Since section 233 of the Prison Code in its present form provides for compulsory labour for detainees in contradiction with the provisions of the Convention on this point and since, in practice, according to the Government's indications, detainees are not obliged to work, the Committee requests the Government to take the necessary measures to amend sections 233 and 269 of the Prison Code so that the national law may be brought formally into consistency with the Convention and statutory effect be given to the practice referred to by the Government.

In comments that it has been making for some years, the Committee has referred to section 182 of Decree No. 1817 of 1964, under which work in prison establishments may be arranged directly through the administration or through contractors who are provided with premises and the labour of detainees and convicted persons, and who in exchange supply the necessary equipment and materials for the work and pay wages in accordance with the terms and conditions laid down by the prison administration; the Committee has requested the Government to take the necessary measures to give statutory effect to the principle that prisoners' work for private contractors must be based on a freely consented to employment relationship.

The Committee noted Decision No. 357 of 1986, a copy of which was supplied by the Government and which lays down regulations pursuant to section 281 of Decree No. 1817 of 1964 (the Prison Code) and sets out the organisational structure of prison labour.

Among the types of labour included in the organisation of prison labour is labour hired to private enterprise (section 1(d)). Section 3(4) of the Decision provides that the organisation and type of remuneration for labour hired to private enterprise shall be specified in the relevant agreement, but that in no case may remuneration be less than 50 per cent of the minimum monthly wage fixed by the national Government.

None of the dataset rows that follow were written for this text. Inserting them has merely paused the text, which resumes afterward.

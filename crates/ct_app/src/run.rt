ghost use Rattle.std.specs.Prelude.{◌≡◌, ◌<◌, ◌≤◌, min, [], IfErr, false, true, length, map};
ghost use Rattle.ct_app.specs.Run.{BeginsReport, HasRun, RestStays, RunEnds, lines_of_run};
ghost use Rattle.ct_app.specs.Stops.{PutsBehind, StopsAt, StopsBehind};
ghost use Rattle.ct_history.specs.Verdicts.{are_all_final};
ghost use Rattle.ct_report.specs.PutLines.{PutsLines};
ghost use Rattle.ct_report.specs.Report.{report_lines, summary_lines, test_lines};
ghost use Rattle.ct_worker.specs.Halted.{IsHalted};
ghost use Rattle.ct_worker.specs.State.{put_of};
ghost use Rattle.ct_worker.specs.Work.{Reach, terms_in};

use ct_base::{Sink, SinkFault};
use ct_core::{Core, Gate};
use ct_report::{header, no_tests, summary};
use ct_worker::{Halt, Jobs, State, run_workers};
use std::alloc::Global;
use std::sync::Wait;
use std::thread::Threads;

/// How the tests of a plan ran, and the core and the sink of the run.
#[derive(Drop)]
pub struct PoolRun<S> {
    pub core: Core,
    pub sink: S,
    /// Whether all lines were put; `NoMemory` also says that memory ran out for an attempt.
    pub put: Result<(), SinkFault>,
}

/// Runs the tests of a plan, and puts the report of the run.
///
/// The workers are as many as the level of the plan, but at most as many as there are gates.
pub(crate) fn run<R: Threads + Wait + Sync, G: Gate + Send, S: Sink + Send>(
    rt: &R,
    alloc: Global,
    core: Core,
    jobs: &Jobs<'_>,
    gates: &mut [G],
    mut sink: S,
) -> PoolRun<S>
    requires fresh { core ≡ record { plan = core.plan; entries = []; aborted = false } }
    requires level { 1 ≤ core.plan.level }
    requires some { 0 < length gates.old }
    requires reach { Reach jobs.now core.plan }
    ensures plan { result.core.plan ≡ core.plan }
    ensures ran { HasRun (terms_in jobs.now core.plan) (map G.tells gates.old) (map G.tells gates.new) result.core.plan result.core.entries }
    ensures puts { PutsLines (report_lines result.core.plan result.core.entries) (S.tells sink) (S.tells result.sink) result.put }
    ensures ends { RunEnds result.core.plan result.core.entries result.put }
    ensures stops { IfErr result.put (λ fault. StopsAt fault result.core.plan result.core.entries (S.tells sink) (S.tells result.sink)) }
    ensures others { RestStays result.core.plan gates.old gates.new }
{
    match begin(alloc, &core, &mut sink) {
        Ok(true) => run_tests(rt, alloc, core, jobs, gates, sink),
        Ok(false) => PoolRun {
            core,
            sink,
            put: Ok(()),
        },
        Err(fault) => PoolRun {
            core,
            sink,
            put: Err(fault),
        },
    }
}

/// Puts the header and, for a plan without tests, its line; returns whether there are tests.
fn begin<S: Sink>(alloc: Global, core: &Core, sink: &mut S) -> Result<bool, SinkFault>
    ensures { BeginsReport core.now.plan (S.tells sink.old) (S.tells sink.new) result }
{
    header(alloc, sink, core.plan())?;
    if core.plan().parts().tests.is_empty() {
        no_tests(sink)?;
        return Ok(false);
    }
    Ok(true)
}

/// Runs the tests of a plan that has tests, and puts the summary behind their lines.
#[tactic(auto, using(crate::proofs::PoolLemmas::ends_behind))]
fn run_tests<R: Threads + Wait + Sync, G: Gate + Send, S: Sink + Send>(
    rt: &R,
    alloc: Global,
    core: Core,
    jobs: &Jobs<'_>,
    gates: &mut [G],
    sink: S,
) -> PoolRun<S>
    requires fresh { core ≡ record { plan = core.plan; entries = []; aborted = false } }
    requires level { 1 ≤ core.plan.level }
    requires some { 0 < length gates.old }
    requires reach { Reach jobs.now core.plan }
    ensures plan { result.core.plan ≡ core.plan }
    ensures ran { HasRun (terms_in jobs.now core.plan) (map G.tells gates.old) (map G.tells gates.new) result.core.plan result.core.entries }
    ensures puts { PutsLines (lines_of_run result.core.plan result.core.entries) (S.tells sink) (S.tells result.sink) result.put }
    ensures ends { RunEnds result.core.plan result.core.entries result.put }
    ensures stops { IfErr result.put (λ fault. StopsBehind fault result.core.plan result.core.entries (S.tells sink) (S.tells result.sink)) }
    ensures others { RestStays result.core.plan gates.old gates.new }
{
    let PoolRun {
        core,
        mut sink,
        put,
    } = run_pool(rt, alloc, core, jobs, gates, sink);
    let ended = put_behind(alloc, &core, &mut sink, put);
    PoolRun {
        core,
        sink,
        put: ended,
    }
}

/// Runs the tests of a plan, and puts their lines.
///
/// The workers are as many as the level of the plan, but at most as many as there are gates.
pub fn run_pool<R: Threads + Wait + Sync, G: Gate + Send, S: Sink + Send>(
    rt: &R,
    alloc: Global,
    core: Core,
    jobs: &Jobs<'_>,
    gates: &mut [G],
    sink: S,
) -> PoolRun<S>
    requires fresh { core ≡ record { plan = core.plan; entries = []; aborted = false } }
    requires level { 1 ≤ core.plan.level }
    requires some { 0 < length gates.old }
    requires reach { Reach jobs.now core.plan }
    ensures plan { result.core.plan ≡ core.plan }
    ensures ran { HasRun (terms_in jobs.now core.plan) (map G.tells gates.old) (map G.tells gates.new) result.core.plan result.core.entries }
    ensures puts { PutsLines (test_lines result.core.plan result.core.entries) (S.tells sink) (S.tells result.sink) result.put }
    ensures ends { RunEnds result.core.plan result.core.entries result.put }
    ensures halted { IfErr result.put (λ fault. IsHalted fault result.core.plan result.core.entries (S.tells sink) (S.tells result.sink)) }
    ensures others { RestStays result.core.plan gates.old gates.new }
{
    let workers = worker_count(&core, gates.len());
    let state = run_workers(rt, alloc, State::open(core, sink), gates, workers, jobs);
    let put = put_of(state.halt());
    let (core, sink) = state.into_parts();
    PoolRun { core, sink, put }
}

/// Counts the workers: one for each processor of the level, but at most one for each gate.
fn worker_count(core: &Core, gates: usize) -> u32
    ensures { result ≡ min core.now.plan.level gates }
{
    (core.plan().parts().level as usize).min(gates) as u32
}

/// Returns the result of all puts so far, by why the run was given up.
fn put_of(halt: Option<Halt>) -> Result<(), SinkFault>
    ensures { result ≡ put_of halt }
{
    match halt {
        None => Ok(()),
        Some(Halt::Output) => Err(SinkFault::Failed),
        Some(Halt::Memory) => Err(SinkFault::NoMemory),
    }
}

/// Puts the summary, if the lines of all tests were put.
#[tactic(auto, using(crate::proofs::PoolLemmas::ended_final))]
fn put_behind<S: Sink>(
    alloc: Global,
    core: &Core,
    sink: &mut S,
    put: Result<(), SinkFault>,
) -> Result<(), SinkFault>
    requires ended { RunEnds core.now.plan core.now.entries put }
    ensures { PutsBehind put (summary_lines core.now.plan core.now.entries) (S.tells sink.old) (S.tells sink.new) result }
{
    match put {
        Ok(()) => put_summary(alloc, core, sink),
        Err(fault) => Err(fault),
    }
}

/// Puts the summary of a run in which each test is final.
fn put_summary<S: Sink>(alloc: Global, core: &Core, sink: &mut S) -> Result<(), SinkFault>
    requires ended { are_all_final core.now.plan core.now.entries ≡ true }
    ensures { PutsLines (summary_lines core.now.plan core.now.entries) (S.tells sink.old) (S.tells sink.new) result }
{
    summary(alloc, sink, core.plan(), core.history())?;
    Ok(())
}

The Committee observes that prisoners' work for private contractors may be compatible with the Convention in so far as the labour relationship may be regarded as a free employment relationship, that is to say if those concerned have freely given their consent, provided that there are appropriate safeguards such as the payment of normal wages, social security, consent of the trade unions, etc. However, the Committee notes that the national legislation does not at present contain any provision to the effect that prisoners' work for private enterprise must be based on a freely consented to relationship. Furthermore, if private enterprise is allowed to pay prisoners wages below the legal minimum wage, the relationship cannot be regarded as a free employment relationship.

The Committee notes that the Government's report contains no information about the questions raised.

With a view to being able to satisfy itself that the Convention is being applied, the Committee asks the Government to supply copies of the agreements that have been concluded between private undertakings and prison establishments. Similarly the Committee hopes that measures to bring the law into conformity with practice will be adopted shortly, embodying the principle that prisoners' work for private contractors must be based on a freely consented to employment relationship. The Committee asks the Government to report on the progress achieved to that end.